JAPAN | Gov’t nuclear panel noted but downplayed risk of power loss at plants

Posted on July 14, 2011


JAPAN | MAINICHI | 14 July 2011

In this March 12, 2011 image made from video from NTV Japan via APTN, smoke rises from Unit 1 of the Fukushima No. 1 Nuclear Power Plant in Okuma, Fukushima Prefecture. (AP Photo/NTV Japan via APTN)

TOKYO (Kyodo) — Experts in a government commission overseeing the safety of nuclear power generation noted in the early 1990s the possibility of fatal damage to nuclear power plants resulting from loss of all alternating-current sources for long periods, as in the case of the Fukushima Daiichi plant, but played down the risk in view of Japan’s advanced power source technology, commission sources said Wednesday.

A panel of five experts in the Nuclear Safety Commission of Japan held 12 meetings between October 1991 and June 1993 to study cases related to the loss of power sources at nuclear power plants at home and abroad, according to the commission.

Representatives from Tokyo Electric Power Co. and Kansai Electric Power Co. participated in the study project.

In June 1993, the expert panel compiled a 96-page report warning that the loss of power sources for long periods could have grave consequences such as damage to reactor cores, the sources said.

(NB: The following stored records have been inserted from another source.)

ghost use Rattle.std.specs.Prelude.{◌≡◌, ◌<◌, ◌++◌, IsTrue, codes, length, map};
ghost use Rattle.mir_syntax.specs.Table.{all_below};
ghost use Rattle.mir_syntax.specs.Tree.{at_id, at_ids, trees_of};
ghost use Rattle.mir_text.specs.TypeText.{piece, more_items, comma_list, int_name, scalar_text, def_at, type_text, rest_text, parts_text};
ghost use Rattle.mir_print.specs.Seen.{crate_in};
ghost use Rattle.mir_print.specs.Prints.{Goes, at};

use crate::output::Output;
use mir_syntax::{IntTy, Name, Program, ScalarTy, Ty, TyId};
use pipe_io::Sink;

/// Prints a name, a path or the text of a message.
pub fn put_name<K: Sink>(output: &mut Output, sink: &mut K, name: &Name)
    ensures { Goes (at (K.written sink.old) (K.faults sink.old) output.old)
        (at (K.written sink.new) (K.faults sink.new) output.new) (piece name.now) }
{
    output.put(sink, name.as_slice());
}

/// Prints the name of an integer type.
#[tactic(auto, unfolding(mir_text::specs::TypeText::int_name))]
pub fn put_int_name<K: Sink>(output: &mut Output, sink: &mut K, ty: IntTy)
    ensures { Goes (at (K.written sink.old) (K.faults sink.old) output.old)
        (at (K.written sink.new) (K.faults sink.new) output.new) (piece (int_name ty)) }
{
    match ty {
        IntTy::I8 => output.put(sink, b"i8"),
        IntTy::I16 => output.put(sink, b"i16"),
        IntTy::I32 => output.put(sink, b"i32"),
        IntTy::I64 => output.put(sink, b"i64"),
        IntTy::I128 => output.put(sink, b"i128"),
        IntTy::Isize => output.put(sink, b"isize"),
        IntTy::U8 => output.put(sink, b"u8"),
        IntTy::U16 => output.put(sink, b"u16"),
        IntTy::U32 => output.put(sink, b"u32"),
        IntTy::U64 => output.put(sink, b"u64"),
        IntTy::U128 => output.put(sink, b"u128"),
        IntTy::Usize => output.put(sink, b"usize"),
    }
}

#[tactic(auto, unfolding(mir_text::specs::TypeText::scalar_text))]
fn put_scalar<K: Sink>(output: &mut Output, sink: &mut K, ty: ScalarTy)
    ensures { Goes (at (K.written sink.old) (K.faults sink.old) output.old)
        (at (K.written sink.new) (K.faults sink.new) output.new) (scalar_text ty) }
{
    match ty {
        ScalarTy::Bool => output.put(sink, b"bool"),
        ScalarTy::Int(int) => put_int_name(output, sink, int),
    }
}

// The path of a definition.
#[tactic(auto, using(crate::proofs::Texts::def_some, crate::proofs::Texts::def_none))]
fn def_path(program: &Program, def: u32) -> &[u8]
    ensures { result.now ≡ (def_at (crate_in program.now) def).path }
{
    match program.defs.get(def as usize) {
        Some(found) => found.path.as_slice(),
        None => &[],
    }
}

/// Prints the path of a definition.
pub fn put_def_path<K: Sink>(output: &mut Output, sink: &mut K, program: &Program, def: u32)
    ensures { Goes (at (K.written sink.old) (K.faults sink.old) output.old)
        (at (K.written sink.new) (K.faults sink.new) output.new) (piece (def_at (crate_in program.now) def).path) }
{
    output.put(sink, def_path(program, def));
}

/// Prints the type that an id stands for.
#[cycle(types)]
pub fn put_type<K: Sink>(output: &mut Output, sink: &mut K, program: &Program, id: TyId)
    ensures { Goes (at (K.written sink.old) (K.faults sink.old) output.old)
        (at (K.written sink.new) (K.faults sink.new) output.new) (type_text (crate_in program.now) (at_id (trees_of program.now.types) id)) }
{
    if id.0 < program.types() {
        put_known_type(output, sink, program, id);
    } else {
        // Contracts read an id that isn't in the table as `bool`.
        put_scalar(output, sink, ScalarTy::Bool);
    }
}

// A type of the table.
#[cycle(types)]
#[tactic(auto, using(crate::proofs::Printing::goes_then), unfolding(mir_text::specs::TypeText::type_text))]
fn put_known_type<K: Sink>(output: &mut Output, sink: &mut K, program: &Program, id: TyId)
    requires { id.0 < length program.now.types }
    ensures { Goes (at (K.written sink.old) (K.faults sink.old) output.old)
        (at (K.written sink.new) (K.faults sink.new) output.new) (type_text (crate_in program.now) (at_id (trees_of program.now.types) id)) }
{
    match program.ty(id) {
        Ty::Scalar(scalar) => put_scalar(output, sink, *scalar),
        Ty::Tuple(ids) => put_tuple(output, sink, program, id.0, ids.as_slice()),
        Ty::Ref(inner) => {
            output.put(sink, b"&");
            put_type(output, sink, program, *inner);
        }
        Ty::RefMut(inner) => {
            output.put(sink, b"&mut ");
            put_type(output, sink, program, *inner);
        }
        Ty::Named(def) => put_def_path(output, sink, program, *def),
    }
}

// A tuple of types whose ids are below a bound.
#[cycle(types)]
#[tactic(auto, using(crate::proofs::Printing::goes_then), unfolding(mir_text::specs::TypeText::type_text))]
fn put_tuple<K: Sink>(
    output: &mut Output,
    sink: &mut K,
    program: &Program,
    bound: u32,
    ids: &[TyId],
)
    requires { IsTrue (all_below bound ids.now) }
    ensures { Goes (at (K.written sink.old) (K.faults sink.old) output.old)
        (at (K.written sink.new) (K.faults sink.new) output.new) (type_text (crate_in program.now) (at_ids (trees_of program.now.types) ids.now)) }
{
    match ids {
        [] => output.put(sink, b"()"),
        [first, others @ ..] => {
            output.put(sink, b"(");
            put_type(output, sink, program, *first);
            put_rest(output, sink, program, bound, others);
        }
    }
}

// What follows the first part of a tuple; a lone part has a comma.
#[cycle(types)]
#[tactic(auto, using(crate::proofs::Printing::goes_then), unfolding(mir_text::specs::TypeText::rest_text))]
fn put_rest<K: Sink>(output: &mut Output, sink: &mut K, program: &Program, bound: u32, ids: &[TyId])
    requires { IsTrue (all_below bound ids.now) }
    ensures { Goes (at (K.written sink.old) (K.faults sink.old) output.old)
        (at (K.written sink.new) (K.faults sink.new) output.new) (rest_text (crate_in program.now) (at_ids (trees_of program.now.types) ids.now)) }
{
    match ids {
        [] => output.put(sink, b",)"),
        [second, others @ ..] => {
            output.put(sink, b", ");
            put_type(output, sink, program, *second);
            put_parts(output, sink, program, bound, others);
        }
    }
}

// What follows a later part of a tuple.
#[cycle(types)]
fn put_parts<K: Sink>(
    output: &mut Output,
    sink: &mut K,
    program: &Program,
    bound: u32,
    ids: &[TyId],
)
    requires { IsTrue (all_below bound ids.now) }
    ensures { Goes (at (K.written sink.old) (K.faults sink.old) output.old)
        (at (K.written sink.new) (K.faults sink.new) output.new) (parts_text (crate_in program.now) (at_ids (trees_of program.now.types) ids.now)) }
{
    for id in ids {
        output.put(sink, b", ");
        put_type(output, sink, program, *id);
    }
    output.put(sink, b")");
}

#[tactic(auto, using(crate::proofs::Printing::goes_then))]
fn put_next_type<K: Sink>(output: &mut Output, sink: &mut K, program: &Program, id: TyId)
    ensures { Goes (at (K.written sink.old) (K.faults sink.old) output.old)
        (at (K.written sink.new) (K.faults sink.new) output.new) (piece (codes ", ") ++ type_text (crate_in program.now) (at_id (trees_of program.now.types) id)) }
{
    output.put(sink, b", ");
    put_type(output, sink, program, id);
}

// The types of a list after the first one.
fn put_more_types<K: Sink>(output: &mut Output, sink: &mut K, program: &Program, ids: &[TyId])
    ensures { Goes (at (K.written sink.old) (K.faults sink.old) output.old)
        (at (K.written sink.new) (K.faults sink.new) output.new) (more_items (type_text (crate_in program.now)) (map (at_id (trees_of program.now.types)) ids.now)) }
{
    for id in ids {
        put_next_type(output, sink, program, *id);
    }
}

/// Prints types with commas between them.
#[tactic(auto, using(crate::proofs::Printing::goes_then, crate::proofs::Printing::goes_nothing), unfolding(mir_text::specs::TypeText::comma_list))]
pub fn put_types<K: Sink>(output: &mut Output, sink: &mut K, program: &Program, ids: &[TyId])
    ensures { Goes (at (K.written sink.old) (K.faults sink.old) output.old)
        (at (K.written sink.new) (K.faults sink.new) output.new) (comma_list (type_text (crate_in program.now)) (map (at_id (trees_of program.now.types)) ids.now)) }
{
    match ids {
        [] => {}
        [first, others @ ..] => {
            put_type(output, sink, program, *first);
            put_more_types(output, sink, program, others);
        }
    }
}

The panel noted that measures to prevent such power losses were taken into account for the safety of nuclear power generation in the United States and France.

But given the absence of cases in Japan and the nation’s advanced power source technology supposedly minimizing the possibility of an atomic power plant losing all alternating-current sources and making it likely it could quickly restore them, the panel concluded in the report that the chances of reactors falling into a fatal situation were low.

In this March 11, 2011 file photo released by Tokyo Electric Power Co., waves of tsunami come toward tanks of heavy oil for the Unit 5 of the Fukushima Dai-ichi nuclear complex in Okuma, Fukushima Prefecture, northeastern Japan. (AP Photo/Tokyo Electric Power Co.)

The panel added that the possible loss of power sources for long period did not need to be taken into consideration for the safety design of nuclear power plants in Japan.

Shigeharu Kato, a senior official at the Cabinet Office who serves at the commission secretariat, said the report will be discussed at a subcommittee meeting in the commission on Friday.

Hit by the magnitude-9.0 earthquake and ensuing tsunami on March 11, Tokyo Electric’s six-reactor nuclear complex in the northeastern Japan prefecture of Fukushima lost nearly all its power sources, leading the cooling functions of the reactors and spent nuclear fuel pools at the Nos. 1 to 4 units to fail.